TASK TO CARRY OUT => Find every line of the listing below where "that" appears, and copy it.
==========
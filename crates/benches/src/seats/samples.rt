//! The segment that is written and read, and how both are asked for.
use crate::asked::{everywhere, new_segment, read, write};
use base::{Level, Limits, ObjectId};
use kernel_rules::{Call, Query};

/// The limits of all kernels here.
pub const LIMITS: Limits = Limits {
    pages: 512,
    device: Level::L1,
    next_id: 4,
    next_category: 1,
};

// The first object that is made.
fn segment() -> ObjectId {
    ObjectId::new(4)
}

/// A call that makes a segment of a page.
pub fn new_page() -> Call {
    new_segment(&everywhere(Level::L1), 1)
}

/// A write and a read of 64 bytes of the segment.
#[derive(Clone, Copy)]
pub struct Both {
    /// The write.
    pub call: Call,
    /// The read.
    pub query: Query,
}

impl Both {
    /// Both.
    pub fn new() -> Both {
        Both {
            call: write(segment()),
            query: read(segment()),
        }
    }
}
==========
OUTPUT BELOW =>
//! The segment that is written and read, and how both are asked for.
// The first object that is made.
/// A call that makes a segment of a page.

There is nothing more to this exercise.